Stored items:

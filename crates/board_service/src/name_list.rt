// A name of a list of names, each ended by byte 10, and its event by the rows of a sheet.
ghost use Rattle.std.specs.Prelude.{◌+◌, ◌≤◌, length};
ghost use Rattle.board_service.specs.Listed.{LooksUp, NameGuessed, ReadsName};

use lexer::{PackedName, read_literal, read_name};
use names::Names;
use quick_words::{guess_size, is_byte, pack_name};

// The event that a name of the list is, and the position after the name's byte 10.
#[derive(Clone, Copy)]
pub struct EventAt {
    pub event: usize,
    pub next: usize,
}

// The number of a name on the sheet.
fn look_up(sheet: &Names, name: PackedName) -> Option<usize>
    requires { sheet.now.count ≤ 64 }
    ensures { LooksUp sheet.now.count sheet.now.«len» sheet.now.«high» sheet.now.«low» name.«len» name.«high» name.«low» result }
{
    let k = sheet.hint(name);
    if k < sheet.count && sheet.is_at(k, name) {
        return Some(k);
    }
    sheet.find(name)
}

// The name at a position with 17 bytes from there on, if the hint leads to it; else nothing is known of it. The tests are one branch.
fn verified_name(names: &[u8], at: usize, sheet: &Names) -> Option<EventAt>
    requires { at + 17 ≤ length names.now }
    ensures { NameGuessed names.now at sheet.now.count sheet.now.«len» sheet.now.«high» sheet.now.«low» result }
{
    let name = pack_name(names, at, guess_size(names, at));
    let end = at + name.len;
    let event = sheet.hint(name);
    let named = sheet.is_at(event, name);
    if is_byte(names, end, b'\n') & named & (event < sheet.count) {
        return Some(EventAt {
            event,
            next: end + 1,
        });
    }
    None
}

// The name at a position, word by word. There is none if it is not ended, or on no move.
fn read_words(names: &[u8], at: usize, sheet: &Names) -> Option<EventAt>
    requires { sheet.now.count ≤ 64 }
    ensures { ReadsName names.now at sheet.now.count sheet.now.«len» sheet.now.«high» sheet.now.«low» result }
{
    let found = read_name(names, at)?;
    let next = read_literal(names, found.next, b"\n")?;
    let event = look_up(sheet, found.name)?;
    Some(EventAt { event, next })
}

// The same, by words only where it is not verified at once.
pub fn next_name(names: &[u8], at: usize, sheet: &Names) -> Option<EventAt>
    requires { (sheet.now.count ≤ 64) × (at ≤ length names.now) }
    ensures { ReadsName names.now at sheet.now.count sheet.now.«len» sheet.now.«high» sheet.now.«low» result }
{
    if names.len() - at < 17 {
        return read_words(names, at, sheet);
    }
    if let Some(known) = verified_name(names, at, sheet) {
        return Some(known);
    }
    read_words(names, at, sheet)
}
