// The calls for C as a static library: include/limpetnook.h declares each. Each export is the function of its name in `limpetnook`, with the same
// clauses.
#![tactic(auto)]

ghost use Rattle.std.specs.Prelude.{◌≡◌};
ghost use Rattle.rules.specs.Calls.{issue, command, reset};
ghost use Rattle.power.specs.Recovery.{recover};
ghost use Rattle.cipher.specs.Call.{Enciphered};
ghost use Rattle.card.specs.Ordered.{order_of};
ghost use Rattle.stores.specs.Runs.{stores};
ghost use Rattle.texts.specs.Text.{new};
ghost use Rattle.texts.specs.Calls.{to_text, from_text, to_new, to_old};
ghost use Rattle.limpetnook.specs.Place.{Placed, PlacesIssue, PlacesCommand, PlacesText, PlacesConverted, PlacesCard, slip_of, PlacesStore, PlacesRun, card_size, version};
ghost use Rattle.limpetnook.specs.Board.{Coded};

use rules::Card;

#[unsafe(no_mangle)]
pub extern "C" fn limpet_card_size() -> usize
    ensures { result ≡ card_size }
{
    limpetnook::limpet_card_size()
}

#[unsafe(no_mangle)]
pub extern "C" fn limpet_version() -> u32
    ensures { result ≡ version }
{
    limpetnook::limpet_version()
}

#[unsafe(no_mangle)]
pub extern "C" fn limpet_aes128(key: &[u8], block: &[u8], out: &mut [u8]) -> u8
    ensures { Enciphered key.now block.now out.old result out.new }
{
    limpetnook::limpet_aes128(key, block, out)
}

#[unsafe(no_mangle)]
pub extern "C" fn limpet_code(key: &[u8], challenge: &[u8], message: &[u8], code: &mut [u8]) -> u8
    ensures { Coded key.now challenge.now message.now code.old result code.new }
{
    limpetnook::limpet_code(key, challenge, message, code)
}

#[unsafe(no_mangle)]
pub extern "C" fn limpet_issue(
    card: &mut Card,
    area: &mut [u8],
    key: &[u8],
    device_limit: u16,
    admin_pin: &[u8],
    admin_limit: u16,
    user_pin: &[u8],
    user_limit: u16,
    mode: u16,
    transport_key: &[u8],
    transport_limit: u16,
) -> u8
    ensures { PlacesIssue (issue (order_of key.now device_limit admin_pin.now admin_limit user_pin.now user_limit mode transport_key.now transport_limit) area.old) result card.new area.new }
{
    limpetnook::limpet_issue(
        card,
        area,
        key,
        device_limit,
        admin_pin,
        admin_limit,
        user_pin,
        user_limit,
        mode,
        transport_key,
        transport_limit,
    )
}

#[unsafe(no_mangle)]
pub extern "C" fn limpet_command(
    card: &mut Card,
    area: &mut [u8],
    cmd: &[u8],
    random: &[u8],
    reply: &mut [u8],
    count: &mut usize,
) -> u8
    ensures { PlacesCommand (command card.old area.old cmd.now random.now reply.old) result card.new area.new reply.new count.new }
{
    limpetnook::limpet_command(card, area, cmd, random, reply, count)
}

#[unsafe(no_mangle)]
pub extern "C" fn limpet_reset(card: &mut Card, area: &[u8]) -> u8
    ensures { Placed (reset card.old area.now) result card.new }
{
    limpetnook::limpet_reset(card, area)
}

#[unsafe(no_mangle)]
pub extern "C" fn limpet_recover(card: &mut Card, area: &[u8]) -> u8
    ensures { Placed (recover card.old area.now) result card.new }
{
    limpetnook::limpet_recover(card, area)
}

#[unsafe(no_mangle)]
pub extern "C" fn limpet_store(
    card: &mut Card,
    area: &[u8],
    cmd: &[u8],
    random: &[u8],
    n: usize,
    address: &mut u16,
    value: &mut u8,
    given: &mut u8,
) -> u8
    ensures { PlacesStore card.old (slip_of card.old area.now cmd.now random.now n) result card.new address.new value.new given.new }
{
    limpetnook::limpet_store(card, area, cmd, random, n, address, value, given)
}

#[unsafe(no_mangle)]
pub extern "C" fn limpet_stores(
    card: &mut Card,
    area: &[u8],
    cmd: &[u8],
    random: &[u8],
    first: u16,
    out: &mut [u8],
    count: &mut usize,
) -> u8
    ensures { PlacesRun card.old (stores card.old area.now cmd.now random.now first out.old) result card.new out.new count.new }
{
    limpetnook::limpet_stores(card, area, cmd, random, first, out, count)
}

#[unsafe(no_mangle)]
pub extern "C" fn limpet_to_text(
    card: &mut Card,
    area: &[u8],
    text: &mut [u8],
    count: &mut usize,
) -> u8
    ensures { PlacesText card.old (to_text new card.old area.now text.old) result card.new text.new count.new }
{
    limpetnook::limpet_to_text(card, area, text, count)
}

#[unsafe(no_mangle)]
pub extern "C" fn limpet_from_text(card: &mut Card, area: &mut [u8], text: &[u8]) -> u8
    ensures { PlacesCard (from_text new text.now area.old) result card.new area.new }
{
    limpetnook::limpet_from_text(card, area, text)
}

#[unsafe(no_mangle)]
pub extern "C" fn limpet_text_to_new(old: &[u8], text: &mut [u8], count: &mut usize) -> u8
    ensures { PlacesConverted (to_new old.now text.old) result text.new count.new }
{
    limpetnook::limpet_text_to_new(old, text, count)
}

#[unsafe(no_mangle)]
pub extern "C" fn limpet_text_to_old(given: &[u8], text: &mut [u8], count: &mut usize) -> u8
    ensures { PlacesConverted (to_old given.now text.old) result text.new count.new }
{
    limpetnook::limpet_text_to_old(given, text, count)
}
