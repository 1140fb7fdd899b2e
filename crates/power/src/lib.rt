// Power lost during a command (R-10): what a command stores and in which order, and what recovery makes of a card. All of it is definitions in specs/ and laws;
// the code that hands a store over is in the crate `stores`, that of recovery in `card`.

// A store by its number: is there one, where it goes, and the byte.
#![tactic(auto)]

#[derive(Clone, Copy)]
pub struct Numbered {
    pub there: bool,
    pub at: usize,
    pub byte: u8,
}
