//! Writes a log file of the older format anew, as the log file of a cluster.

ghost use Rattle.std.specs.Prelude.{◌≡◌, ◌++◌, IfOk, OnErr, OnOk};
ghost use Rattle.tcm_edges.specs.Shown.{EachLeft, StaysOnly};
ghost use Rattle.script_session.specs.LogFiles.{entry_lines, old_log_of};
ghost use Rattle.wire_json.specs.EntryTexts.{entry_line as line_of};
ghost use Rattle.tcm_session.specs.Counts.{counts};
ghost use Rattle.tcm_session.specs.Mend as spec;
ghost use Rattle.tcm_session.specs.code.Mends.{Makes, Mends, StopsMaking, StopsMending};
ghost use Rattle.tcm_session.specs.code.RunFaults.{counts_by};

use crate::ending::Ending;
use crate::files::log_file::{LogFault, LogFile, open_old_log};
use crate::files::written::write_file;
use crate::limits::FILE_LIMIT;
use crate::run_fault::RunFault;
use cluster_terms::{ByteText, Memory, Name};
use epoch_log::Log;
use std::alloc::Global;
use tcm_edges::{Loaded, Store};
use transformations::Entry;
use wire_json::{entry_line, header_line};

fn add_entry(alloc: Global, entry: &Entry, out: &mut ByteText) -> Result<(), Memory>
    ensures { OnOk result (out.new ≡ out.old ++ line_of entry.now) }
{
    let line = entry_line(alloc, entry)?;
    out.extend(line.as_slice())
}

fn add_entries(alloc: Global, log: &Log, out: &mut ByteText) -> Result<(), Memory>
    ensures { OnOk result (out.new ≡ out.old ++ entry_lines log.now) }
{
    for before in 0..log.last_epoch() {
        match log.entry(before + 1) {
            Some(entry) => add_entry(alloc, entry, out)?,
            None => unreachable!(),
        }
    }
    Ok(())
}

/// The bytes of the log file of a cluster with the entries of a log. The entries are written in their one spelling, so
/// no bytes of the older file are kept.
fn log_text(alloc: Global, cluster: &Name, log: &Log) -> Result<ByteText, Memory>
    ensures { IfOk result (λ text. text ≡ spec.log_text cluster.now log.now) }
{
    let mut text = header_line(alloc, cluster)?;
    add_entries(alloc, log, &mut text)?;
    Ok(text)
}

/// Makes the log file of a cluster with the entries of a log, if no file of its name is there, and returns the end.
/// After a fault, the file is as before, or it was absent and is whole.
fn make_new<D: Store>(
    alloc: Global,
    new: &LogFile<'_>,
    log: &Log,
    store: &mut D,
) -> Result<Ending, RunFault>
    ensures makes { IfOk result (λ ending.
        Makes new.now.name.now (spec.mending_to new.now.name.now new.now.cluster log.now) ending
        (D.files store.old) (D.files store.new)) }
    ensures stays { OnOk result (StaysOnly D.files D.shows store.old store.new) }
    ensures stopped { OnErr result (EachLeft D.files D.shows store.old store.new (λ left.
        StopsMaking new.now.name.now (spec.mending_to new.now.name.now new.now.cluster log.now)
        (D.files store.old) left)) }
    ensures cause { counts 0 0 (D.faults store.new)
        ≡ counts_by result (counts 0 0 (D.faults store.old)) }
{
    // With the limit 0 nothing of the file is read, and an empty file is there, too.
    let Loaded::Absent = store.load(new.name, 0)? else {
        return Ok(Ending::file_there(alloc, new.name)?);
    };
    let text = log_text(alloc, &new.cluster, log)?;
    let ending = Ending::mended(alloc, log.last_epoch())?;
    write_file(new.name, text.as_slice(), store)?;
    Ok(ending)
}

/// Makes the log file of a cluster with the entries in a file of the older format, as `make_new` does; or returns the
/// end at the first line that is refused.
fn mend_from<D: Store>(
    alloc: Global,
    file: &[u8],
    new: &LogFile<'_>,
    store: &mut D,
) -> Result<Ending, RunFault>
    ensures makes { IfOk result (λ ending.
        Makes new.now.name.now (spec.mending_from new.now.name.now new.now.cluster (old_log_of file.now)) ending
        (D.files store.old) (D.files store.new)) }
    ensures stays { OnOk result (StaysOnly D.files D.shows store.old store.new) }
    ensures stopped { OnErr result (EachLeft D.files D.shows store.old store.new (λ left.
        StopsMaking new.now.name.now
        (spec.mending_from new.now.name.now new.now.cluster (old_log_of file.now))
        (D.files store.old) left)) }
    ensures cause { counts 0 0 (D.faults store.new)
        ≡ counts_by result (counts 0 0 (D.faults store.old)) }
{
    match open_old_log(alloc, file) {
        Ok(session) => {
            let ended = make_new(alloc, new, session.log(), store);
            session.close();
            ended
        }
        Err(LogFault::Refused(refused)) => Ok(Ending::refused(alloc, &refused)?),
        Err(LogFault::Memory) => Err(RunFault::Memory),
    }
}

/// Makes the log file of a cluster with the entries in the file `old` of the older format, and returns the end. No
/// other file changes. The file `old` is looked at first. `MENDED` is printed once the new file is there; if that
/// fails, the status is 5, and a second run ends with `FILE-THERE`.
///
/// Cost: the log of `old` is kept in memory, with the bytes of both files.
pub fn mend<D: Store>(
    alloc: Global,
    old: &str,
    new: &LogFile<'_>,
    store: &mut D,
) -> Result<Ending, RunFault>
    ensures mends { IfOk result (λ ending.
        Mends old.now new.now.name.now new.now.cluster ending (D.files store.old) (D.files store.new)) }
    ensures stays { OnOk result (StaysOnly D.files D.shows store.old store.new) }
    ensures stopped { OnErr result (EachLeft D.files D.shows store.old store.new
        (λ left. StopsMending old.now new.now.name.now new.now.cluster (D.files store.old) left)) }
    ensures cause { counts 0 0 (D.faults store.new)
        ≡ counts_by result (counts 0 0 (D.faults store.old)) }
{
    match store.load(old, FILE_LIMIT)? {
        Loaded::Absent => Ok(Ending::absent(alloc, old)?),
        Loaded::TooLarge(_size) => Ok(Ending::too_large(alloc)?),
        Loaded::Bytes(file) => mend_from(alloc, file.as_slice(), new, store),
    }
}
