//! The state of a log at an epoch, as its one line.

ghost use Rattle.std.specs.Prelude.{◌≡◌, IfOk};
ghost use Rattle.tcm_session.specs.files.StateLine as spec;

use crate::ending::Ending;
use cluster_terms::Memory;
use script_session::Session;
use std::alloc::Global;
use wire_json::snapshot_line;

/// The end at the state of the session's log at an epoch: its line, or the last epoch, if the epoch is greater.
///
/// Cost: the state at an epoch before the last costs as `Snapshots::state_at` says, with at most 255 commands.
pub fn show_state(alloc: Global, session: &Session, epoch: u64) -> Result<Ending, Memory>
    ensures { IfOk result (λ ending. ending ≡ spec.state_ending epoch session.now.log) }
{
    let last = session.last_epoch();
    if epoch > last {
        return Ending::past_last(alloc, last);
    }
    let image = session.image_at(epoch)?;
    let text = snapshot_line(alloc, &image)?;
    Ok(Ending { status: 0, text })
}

* Prompt *
The expected answer is a copy of each line above containing "PlacesIssue".

* Written response *
ghost use Rattle.limpetnook.specs.Place.{Placed, PlacesIssue, PlacesCommand, PlacesText, PlacesConverted, PlacesCard, slip_of, PlacesStore, PlacesRun, card_size, version};
    ensures { PlacesIssue (issue (order_of key.now device_limit admin_pin.now admin_limit user_pin.now user_limit mode transport_key.now transport_limit) area.old) result card.new area.new }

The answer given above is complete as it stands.